Robinson apagó el cigarro, tomó su pipa y empezó a masticar la punta. Luego vio a Kane empapado, de pie en la entrada. Estaba sonriendo ligeramente mientras contemplaba a su asistente.
—Si pudiéramos limpiar la sangre, ¿crees que podríamos hallar el lugar donde hemos escondido nuestras almas? —preguntó. Antes de que Robinson pudiera responder, Kane se había ido a su habitación. El asistente escuchó el sonido tenue que hizo su puerta al abrirla y cerrarla.
A la mañana siguiente, Kane le dijo a Robinson que a pesar de las discrepancias en las órdenes que habían enviado, creía que su contenido era correcto. Así que iría a Washington.
Robinson supo que tendría que reportar esto.

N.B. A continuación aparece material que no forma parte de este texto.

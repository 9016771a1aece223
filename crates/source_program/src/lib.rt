//! Programs: the clauses of a text, tested and gathered by predicate, with the entries that queries may call.
#![tactic(auto)]

pub mod arguments;
pub mod body_goal;
pub mod clause_form;
pub mod clause_limits;
pub mod fault;
pub mod form_fault;
pub mod gathering;
pub mod goal;
pub mod kernel_outline;
pub mod outline_builder;
pub mod outline_clause;
pub mod outline_counts;
pub mod outline_walk;
pub mod predicate;
pub mod predicate_set;
pub mod predicates;
pub mod program;
pub mod query_entry;
pub mod source_clause;
pub mod source_clauses;
pub mod variable_places;
pub mod variable_set;
pub mod variable_uses;

pub use aq_term::entries::Entries;
pub use aq_term::entry::Entry;
pub use aq_term::mode::Mode;
pub use gathering::gather;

—Para cuando llegó a Estados Unidos, acababan de darse cuenta del error —Fell estaba sentado en la orilla de la mesa de examinación de la clínica. De su bolsillo, sacó con manos temblorosas un cigarro y un cerillo. Inhaló el humo y luego lo expulsó—. Para entonces estaba claro que pensaba seguir adelante con esto —Fell ahuecó sus manos con el cerillo apagado en ellas y se quedó viendo un anuncio que venía en la caja de los mismos, el cual era de una escuela técnica que prometía ayudarte a conseguir empleo; luego, lentamente, volteó a ver a cada uno de los hombres que había reunido en la clínica: Groper, Krebs, Christian, los enfermeros, y Gilman. Todos tenían expresiones serias y desconcertadas—. Se escuchaban muchas historias que aseguraban que había perdido la cordura. Parecía estar al borde de una crisis de nervios. Pero cuando aceptó este encargo, tuvimos la certeza. Había enloquecido —Fell sacudió la cabeza y continuó—: ¿Pero cómo se lo dices a un hombre con un historial como el suyo?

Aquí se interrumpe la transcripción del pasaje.